» EXTRACTED INFORMATION
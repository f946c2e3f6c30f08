//! What other points say of their subsystems.

ghost use Rattle.std.specs.Prelude.{◌≡◌};
ghost use Rattle.sccp_codec.specs.Management.{management_of, read_management};
ghost use Rattle.sccp_relay.specs.Relay as rule;
ghost use Rattle.sccp_relay.specs.Values.{own_value, sccp_of};

use crate::answering::is_management;
use crate::message::Message;
use crate::own::{Own, Ways};
use crate::subsystem::{Subsystem, SubsystemNews};
use sccp_codec::{ManagementKind, SubsystemManagement, Unitdata};
use signalling_types::PointCode;

/// What a message for this subsystem here says of a subsystem at another point, if it says that: a UDT for SCCP
/// management with an SSP or an SSA, from another point, where these are heard (Q.714 §5.3.2, §5.3.3).
pub(crate) fn news<W: Ways>(
    message: &Message<'_>,
    ssn: Option<u8>,
    sender: PointCode,
    own: &Own<'_, W>,
) -> Option<SubsystemNews>
    ensures { result ≡ rule.news (own_value W.leads own.now) sender (sccp_of message.now) ssn }
{
    let Message::Plain(Unitdata::Udt(udt)) = message else {
        return None;
    };
    if own.hears_statuses && is_management(ssn) {
        news_in(udt.parts.data, sender, own)
    } else {
        None
    }
}

/// What these data of a UDT for SCCP management say.
fn news_in<W: Ways>(carried: &[u8], sender: PointCode, own: &Own<'_, W>) -> Option<SubsystemNews>
    ensures { result ≡ rule.news_in (own_value W.leads own.now) sender (read_management carried.now) }
{
    match SubsystemManagement::read(carried) {
        Ok(about) if is_status(about.kind) && sender != own.point => Some(news_from(
            sender, &about,
        )),
        _ => None,
    }
}

fn is_status(kind: ManagementKind) -> bool
    ensures { result ≡ rule.is_status kind }
{
    match kind {
        ManagementKind::SubsystemAllowed | ManagementKind::SubsystemProhibited => true,
        ManagementKind::SubsystemStatusTest => false,
    }
}

fn prohibits(kind: ManagementKind) -> bool
    ensures { result ≡ rule.prohibits kind }
{
    match kind {
        ManagementKind::SubsystemAllowed | ManagementKind::SubsystemStatusTest => false,
        ManagementKind::SubsystemProhibited => true,
    }
}

/// What an SSP or an SSA says, and who says it.
fn news_from(sender: PointCode, about: &SubsystemManagement) -> SubsystemNews
    ensures { result ≡ rule.news_from sender (management_of about.now) }
{
    SubsystemNews {
        sender,
        subsystem: Subsystem {
            point: about.point,
            ssn: about.ssn,
        },
        is_prohibited: prohibits(about.kind),
    }
}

» YOUR ASSIGNMENT
Without leaving anything out, output all of the data above exactly.

» WORKED SOLUTION
repository f946c2e3f6c30f08
//! What other points say of their subsystems.

ghost use Rattle.std.specs.Prelude.{◌≡◌};
ghost use Rattle.sccp_codec.specs.Management.{management_of, read_management};
ghost use Rattle.sccp_relay.specs.Relay as rule;
ghost use Rattle.sccp_relay.specs.Values.{own_value, sccp_of};

use crate::answering::is_management;
use crate::message::Message;
use crate::own::{Own, Ways};
use crate::subsystem::{Subsystem, SubsystemNews};
use sccp_codec::{ManagementKind, SubsystemManagement, Unitdata};
use signalling_types::PointCode;

/// What a message for this subsystem here says of a subsystem at another point, if it says that: a UDT for SCCP
/// management with an SSP or an SSA, from another point, where these are heard (Q.714 §5.3.2, §5.3.3).
pub(crate) fn news<W: Ways>(
    message: &Message<'_>,
    ssn: Option<u8>,
    sender: PointCode,
    own: &Own<'_, W>,
) -> Option<SubsystemNews>
    ensures { result ≡ rule.news (own_value W.leads own.now) sender (sccp_of message.now) ssn }
{
    let Message::Plain(Unitdata::Udt(udt)) = message else {
        return None;
    };
    if own.hears_statuses && is_management(ssn) {
        news_in(udt.parts.data, sender, own)
    } else {
        None
    }
}

/// What these data of a UDT for SCCP management say.
fn news_in<W: Ways>(carried: &[u8], sender: PointCode, own: &Own<'_, W>) -> Option<SubsystemNews>
    ensures { result ≡ rule.news_in (own_value W.leads own.now) sender (read_management carried.now) }
{
    match SubsystemManagement::read(carried) {
        Ok(about) if is_status(about.kind) && sender != own.point => Some(news_from(
            sender, &about,
        )),
        _ => None,
    }
}

fn is_status(kind: ManagementKind) -> bool
    ensures { result ≡ rule.is_status kind }
{
    match kind {
        ManagementKind::SubsystemAllowed | ManagementKind::SubsystemProhibited => true,
        ManagementKind::SubsystemStatusTest => false,
    }
}

fn prohibits(kind: ManagementKind) -> bool
    ensures { result ≡ rule.prohibits kind }
{
    match kind {
        ManagementKind::SubsystemAllowed | ManagementKind::SubsystemStatusTest => false,
        ManagementKind::SubsystemProhibited => true,
    }
}

/// What an SSP or an SSA says, and who says it.
fn news_from(sender: PointCode, about: &SubsystemManagement) -> SubsystemNews
    ensures { result ≡ rule.news_from sender (management_of about.now) }
{
    SubsystemNews {
        sender,
        subsystem: Subsystem {
            point: about.point,
            ssn: about.ssn,
        },
        is_prohibited: prohibits(about.kind),
    }
}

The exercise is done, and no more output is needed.